#### EXERCISE INPUT

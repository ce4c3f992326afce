//! Submissions of the user (RFC 6121, section 5.2).
ghost use Rattle.std.specs.Prelude.{◌≡◌, ◌⊎◌, Err, IfOk, IsSome, OnErr, OnOk};
ghost use Rattle.cl_handlers.specs.Acks.{HasFewer};
ghost use Rattle.cl_core.specs.Asking.{queues_in};
ghost use Rattle.cl_handlers.specs.Speech.{in_bytes};
ghost use Rattle.cl_core.specs.UserCalls.{is_bad_text, say_answer, says, submission_of};
ghost use Rattle.cl_handlers.specs.Views.{client_of, client_step_of};
ghost use Rattle.im_replies.specs.Management.{request_text};
ghost use Rattle.xml_writer.specs.Items.{written_item};

use crate::faults::SayFault;
use crate::replacing::put_session;
use base_io::{Bytes, NoMemory, Text};
use cl_handlers::{ClientOut, ClientState};
use im_replies::request;
use im_requests::{Submission, submitted};
use sm_outbox::origin_of;
use std::alloc::Global;
use xml_tokens::are_characters;

/// So many stanzas may wait where the user adds one.
pub const OUTBOX_BOUND: u64 = 1_000;

// The most bytes of a submission's text.
const MOST_TEXT: usize = 10_000;

// Whether a text can't be sent.
fn is_bad_text(text: &str) -> bool
    ensures { result ≡ is_bad_text text.now }
{
    text.is_empty() || text.len() > MOST_TEXT || !are_characters(text.as_bytes())
}

// The number of the next submission, or why there is none.
fn next(state: &ClientState, text: &str) -> Result<u64, SayFault>
    ensures value { result ≡ say_answer (client_of state.now) text.now }
    ensures bound { OnOk result (IsSome (client_of state.now).session) }
    ensures few { OnOk result (HasFewer 1000 (client_of state.now).session) }
{
    if is_bad_text(text) {
        return Err(SayFault::BadText);
    }
    let Some(session) = &state.session else {
        return Err(SayFault::NotBound);
    };
    if session.len() >= OUTBOX_BOUND {
        return Err(SayFault::OutboxFull);
    }
    Ok(state.said.next_number())
}

// The next submission as it is put.
fn spelled<'a>(
    state: &ClientState,
    alloc: Global,
    to: &'a str,
    text: &'a str,
    private: bool,
) -> Result<Bytes, NoMemory>
    ensures { IfOk result (λ bytes. bytes.items ≡ written_item (submission_of (client_of state.now) to.now text.now private)) }
{
    let resource = state.account.resource.as_str();
    let id = origin_of(
        alloc,
        resource,
        state.said.epoch(),
        state.said.next_number(),
    )?;
    let given = Submission {
        id: id.as_str(),
        to,
        text,
        private,
    };
    submitted(alloc, &given)
}

// Puts a submission, where the session's queue has place.
fn submit(
    state: &mut ClientState,
    stanza: Bytes,
    request: &[u8],
    out: &mut ClientOut,
) -> Result<(), NoMemory>
    requires few { HasFewer 1000 (client_of state.old).session }
    requires request { request.now ≡ request_text }
    ensures ok { OnOk result (client_step_of state.new out.new ≡ queues_in in_bytes (client_step_of state.old out.old) (client_of state.old).session stanza.items) }
    ensures err { OnErr result (client_step_of state.new out.new ≡ client_step_of state.old out.old) }
    ensures said { state.new.said ≡ state.old.said }
{
    let is_attached = state.is_online();
    let Some(mut session) = state.session.take() else {
        return Ok(());
    };
    let put = session.submit(stanza, request, is_attached, &mut out.bytes);
    put_session(&mut state.session, session);
    put
}

/// Submits a message, and answers its number. A refusal leaves all as it was.
#[tactic(auto, using(crate::proofs::UserSteps::submitted))]
pub(crate) fn say(
    state: &mut ClientState,
    alloc: Global,
    to: &str,
    text: &str,
    private: bool,
    out: &mut ClientOut,
) -> Result<u64, SayFault>
    ensures exact { (result ≡ Err SayFault.NoMemory) ⊎ (result ≡ say_answer (client_of state.old) text.now) }
    ensures ok { OnOk result (client_step_of state.new out.new ≡ says in_bytes (client_step_of state.old out.old) to.now text.now private) }
    ensures err { OnErr result (client_step_of state.new out.new ≡ client_step_of state.old out.old) }
{
    let n = next(state, text)?;
    let stanza = spelled(state, alloc, to, text, private)?;
    let request = request(alloc)?;
    let said_to = Text::from_str(alloc, to)?;
    let said = Text::from_str(alloc, text)?;
    state.said.reserve()?;
    submit(state, stanza, request.as_slice(), out)?;
    state.said.say_reserved(said_to, said, private);
    Ok(n)
}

########

→ **YOUR GOAL**:
Give back every record exactly.

→ **WRITTEN RESPONSE**:
repository ce4c3f992326afce
//! Submissions of the user (RFC 6121, section 5.2).
ghost use Rattle.std.specs.Prelude.{◌≡◌, ◌⊎◌, Err, IfOk, IsSome, OnErr, OnOk};
ghost use Rattle.cl_handlers.specs.Acks.{HasFewer};
ghost use Rattle.cl_core.specs.Asking.{queues_in};
ghost use Rattle.cl_handlers.specs.Speech.{in_bytes};
ghost use Rattle.cl_core.specs.UserCalls.{is_bad_text, say_answer, says, submission_of};
ghost use Rattle.cl_handlers.specs.Views.{client_of, client_step_of};
ghost use Rattle.im_replies.specs.Management.{request_text};
ghost use Rattle.xml_writer.specs.Items.{written_item};

use crate::faults::SayFault;
use crate::replacing::put_session;
use base_io::{Bytes, NoMemory, Text};
use cl_handlers::{ClientOut, ClientState};
use im_replies::request;
use im_requests::{Submission, submitted};
use sm_outbox::origin_of;
use std::alloc::Global;
use xml_tokens::are_characters;

/// So many stanzas may wait where the user adds one.
pub const OUTBOX_BOUND: u64 = 1_000;

// The most bytes of a submission's text.
const MOST_TEXT: usize = 10_000;

// Whether a text can't be sent.
fn is_bad_text(text: &str) -> bool
    ensures { result ≡ is_bad_text text.now }
{
    text.is_empty() || text.len() > MOST_TEXT || !are_characters(text.as_bytes())
}

// The number of the next submission, or why there is none.
fn next(state: &ClientState, text: &str) -> Result<u64, SayFault>
    ensures value { result ≡ say_answer (client_of state.now) text.now }
    ensures bound { OnOk result (IsSome (client_of state.now).session) }
    ensures few { OnOk result (HasFewer 1000 (client_of state.now).session) }
{
    if is_bad_text(text) {
        return Err(SayFault::BadText);
    }
    let Some(session) = &state.session else {
        return Err(SayFault::NotBound);
    };
    if session.len() >= OUTBOX_BOUND {
        return Err(SayFault::OutboxFull);
    }
    Ok(state.said.next_number())
}

// The next submission as it is put.
fn spelled<'a>(
    state: &ClientState,
    alloc: Global,
    to: &'a str,
    text: &'a str,
    private: bool,
) -> Result<Bytes, NoMemory>
    ensures { IfOk result (λ bytes. bytes.items ≡ written_item (submission_of (client_of state.now) to.now text.now private)) }
{
    let resource = state.account.resource.as_str();
    let id = origin_of(
        alloc,
        resource,
        state.said.epoch(),
        state.said.next_number(),
    )?;
    let given = Submission {
        id: id.as_str(),
        to,
        text,
        private,
    };
    submitted(alloc, &given)
}

// Puts a submission, where the session's queue has place.
fn submit(
    state: &mut ClientState,
    stanza: Bytes,
    request: &[u8],
    out: &mut ClientOut,
) -> Result<(), NoMemory>
    requires few { HasFewer 1000 (client_of state.old).session }
    requires request { request.now ≡ request_text }
    ensures ok { OnOk result (client_step_of state.new out.new ≡ queues_in in_bytes (client_step_of state.old out.old) (client_of state.old).session stanza.items) }
    ensures err { OnErr result (client_step_of state.new out.new ≡ client_step_of state.old out.old) }
    ensures said { state.new.said ≡ state.old.said }
{
    let is_attached = state.is_online();
    let Some(mut session) = state.session.take() else {
        return Ok(());
    };
    let put = session.submit(stanza, request, is_attached, &mut out.bytes);
    put_session(&mut state.session, session);
    put
}

/// Submits a message, and answers its number. A refusal leaves all as it was.
#[tactic(auto, using(crate::proofs::UserSteps::submitted))]
pub(crate) fn say(
    state: &mut ClientState,
    alloc: Global,
    to: &str,
    text: &str,
    private: bool,
    out: &mut ClientOut,
) -> Result<u64, SayFault>
    ensures exact { (result ≡ Err SayFault.NoMemory) ⊎ (result ≡ say_answer (client_of state.old) text.now) }
    ensures ok { OnOk result (client_step_of state.new out.new ≡ says in_bytes (client_step_of state.old out.old) to.now text.now private) }
    ensures err { OnErr result (client_step_of state.new out.new ≡ client_step_of state.old out.old) }
{
    let n = next(state, text)?;
    let stanza = spelled(state, alloc, to, text, private)?;
    let request = request(alloc)?;
    let said_to = Text::from_str(alloc, to)?;
    let said = Text::from_str(alloc, text)?;
    state.said.reserve()?;
    submit(state, stanza, request.as_slice(), out)?;
    state.said.say_reserved(said_to, said, private);
    Ok(n)
}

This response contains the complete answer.